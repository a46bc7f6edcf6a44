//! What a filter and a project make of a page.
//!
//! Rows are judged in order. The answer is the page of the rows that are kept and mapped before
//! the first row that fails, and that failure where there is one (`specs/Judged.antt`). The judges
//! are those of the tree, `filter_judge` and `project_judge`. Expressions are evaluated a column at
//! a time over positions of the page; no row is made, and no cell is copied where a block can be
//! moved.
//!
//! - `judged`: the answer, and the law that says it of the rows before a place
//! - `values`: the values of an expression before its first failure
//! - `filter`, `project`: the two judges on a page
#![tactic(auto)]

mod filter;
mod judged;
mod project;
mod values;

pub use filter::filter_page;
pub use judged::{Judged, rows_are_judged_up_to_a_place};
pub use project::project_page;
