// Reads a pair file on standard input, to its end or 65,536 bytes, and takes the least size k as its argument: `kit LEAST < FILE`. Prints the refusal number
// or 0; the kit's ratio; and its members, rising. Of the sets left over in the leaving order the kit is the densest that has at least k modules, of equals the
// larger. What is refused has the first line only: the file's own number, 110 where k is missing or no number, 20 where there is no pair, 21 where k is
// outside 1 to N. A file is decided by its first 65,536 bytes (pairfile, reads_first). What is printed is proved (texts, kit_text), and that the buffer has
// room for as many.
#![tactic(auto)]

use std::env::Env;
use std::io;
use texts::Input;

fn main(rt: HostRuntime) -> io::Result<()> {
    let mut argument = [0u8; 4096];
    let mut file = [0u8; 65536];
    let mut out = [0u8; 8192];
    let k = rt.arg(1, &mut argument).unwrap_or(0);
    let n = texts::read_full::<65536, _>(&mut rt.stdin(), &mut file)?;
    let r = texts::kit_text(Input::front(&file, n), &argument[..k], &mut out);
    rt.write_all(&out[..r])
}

--------------------------------------------------

Nothing in the listing may be changed; retype it all exactly.

→ Problem solution
repository a46bc7f6edcf6a44
//! What a filter and a project make of a page.
//!
//! Rows are judged in order. The answer is the page of the rows that are kept and mapped before
//! the first row that fails, and that failure where there is one (`specs/Judged.antt`). The judges
//! are those of the tree, `filter_judge` and `project_judge`. Expressions are evaluated a column at
//! a time over positions of the page; no row is made, and no cell is copied where a block can be
//! moved.
//!
//! - `judged`: the answer, and the law that says it of the rows before a place
//! - `values`: the values of an expression before its first failure
//! - `filter`, `project`: the two judges on a page
#![tactic(auto)]

mod filter;
mod judged;
mod project;
mod values;

pub use filter::filter_page;
pub use judged::{Judged, rows_are_judged_up_to_a_place};
pub use project::project_page;
// Reads a pair file on standard input, to its end or 65,536 bytes, and takes the least size k as its argument: `kit LEAST < FILE`. Prints the refusal number
// or 0; the kit's ratio; and its members, rising. Of the sets left over in the leaving order the kit is the densest that has at least k modules, of equals the
// larger. What is refused has the first line only: the file's own number, 110 where k is missing or no number, 20 where there is no pair, 21 where k is
// outside 1 to N. A file is decided by its first 65,536 bytes (pairfile, reads_first). What is printed is proved (texts, kit_text), and that the buffer has
// room for as many.
#![tactic(auto)]

use std::env::Env;
use std::io;
use texts::Input;

fn main(rt: HostRuntime) -> io::Result<()> {
    let mut argument = [0u8; 4096];
    let mut file = [0u8; 65536];
    let mut out = [0u8; 8192];
    let k = rt.arg(1, &mut argument).unwrap_or(0);
    let n = texts::read_full::<65536, _>(&mut rt.stdin(), &mut file)?;
    let r = texts::kit_text(Input::front(&file, n), &argument[..k], &mut out);
    rt.write_all(&out[..r])
}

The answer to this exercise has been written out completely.